Trump vante la Chloroquine

« HYDROXYCHLOROQUINE ET
AZITHROMYCINE, pris ensemble, ont une réelle chance d’être l’un des plus grandes
réussites de l’histoire de la médecine. Puissent-ils être mis en service immédiatement.
Les gens meurent, faites diligence et que dieu bénisse tout le monde!
 »
avait publié en l’occurrence le Président Trump.

Mais l’étude citée par Trump était extrêmement limitée et les résultats préliminaires. En outre,  dans son tweet, le président Trump avait déclaré au public que ces molécules avaient été approuvées par la Food and Drug Administration des États-Unis pour traiter le coronavirus. Mais selon le commissaire de la FDA, Stephen Hahn, l’agence serait toujours en train d’étudier les vastes essais cliniques de la combinaison pour le Covid-19, mais qu’il n’est pas encore approuvé pour cette utilisation. Malheureusement, ces études préliminaires, aidées des commentaires élogieux du président américain auraient suscité un vif intérêt aux USA ; et en Arizona, un homme était décédé après avoir ingéré une pleine cuillère à soupe de Phosphate de Chloroquine.

Une publicité dangereuse

L’homme décédé avait eu moins de
chance que son épouse, qui elle avait réussi à être sauvée.

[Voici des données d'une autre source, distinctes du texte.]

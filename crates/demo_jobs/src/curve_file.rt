//! The text of the curve file.

ghost use Rattle.std.specs.Prelude.{◌≡◌, ◌<◌, ◌++◌, ◌∷◌, All, IfOk, OnOk, codes, length};
ghost use Rattle.std.specs.Map.{keys_of};
ghost use Rattle.demo_jobs.specs.CurveText.{book_of, curve_record, curve_text};
ghost use Rattle.demo_jobs.specs.Lines.{line};

use crate::cloths::WAVES;
use crate::line::{number_field, push_field, wavelength_field};
use spectral_tables::Curve;
use std::alloc::{AllocError, Global};

/// Appends the header: `nm` and the names.
fn push_header(text: &mut Vec<u8>, book: &[(String, Curve)]) -> Result<(), AllocError>
    ensures { OnOk result (text.new.items
        ≡ text.old.items ++ line (codes "nm" ∷ keys_of (book_of book.now))) }
{
    text.extend_from_slice(b"nm")?;
    for (name, _) in book {
        push_field(text, name.as_bytes())?;
    }
    text.push(b'\n')?;
    Ok(())
}

/// Appends the record of a wavelength: its field, and the reflectance of each curve in percent.
#[tactic(auto, unfolding(crate::specs::CurveText::curve_record))]
fn push_record(text: &mut Vec<u8>, book: &[(String, Curve)], index: u32) -> Result<(), AllocError>
    requires index { index < 31 }
    requires waves { All (λ e. length e.1 ≡ 31) book.now }
    ensures { OnOk result (text.new.items
        ≡ text.old.items ++ line (curve_record (book_of book.now) index)) }
{
    text.extend_from_slice(&wavelength_field(index))?;
    for (_, curve) in book {
        push_field(text, &number_field(4, curve.as_slice()[index as usize]))?;
    }
    text.push(b'\n')?;
    Ok(())
}

/// The text of the curve file with these curves.
#[tactic(auto, unfolding(crate::specs::CurveText::curve_text))]
pub(crate) fn curve_text(alloc: Global, book: &[(String, Curve)]) -> Result<Vec<u8>, AllocError>
    requires { All (λ e. length e.1 ≡ 31) book.now }
    ensures { IfOk result (λ text. text.items ≡ curve_text (book_of book.now)) }
{
    let mut text = Vec::new(alloc);
    push_header(&mut text, book)?;
    for index in 0..WAVES {
        push_record(&mut text, book, index)?;
    }
    Ok(text)
}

Selon la femme,
elle et son mari auraient été encouragés à se prémunir de la pandémie en
prenant de la Chloroquine en entendant le président Trump vanté les mérites du médicament. Le couple, dans la
soixantaine et potentiellement à risque plus élevé de complications du virus,
avait donc décidé de mélanger une petite quantité de la substance avec un
liquide et de la boire comme un moyen de prévenir le coronavirus.

Une substance médicamenteuse qu’ils
s’étaient administrés en automédication, à raison d’une pleine « cuillère
à café
 » chacun. Seulement, L’ingrédient toxique qu’ils avaient
ingurgité n’était pas la forme médicamenteuse de la chloroquine, utilisée pour
traiter le paludisme chez l’homme, mais plutôt un ingrédient inscrit sur un
traitement parasitaire pour les poissons.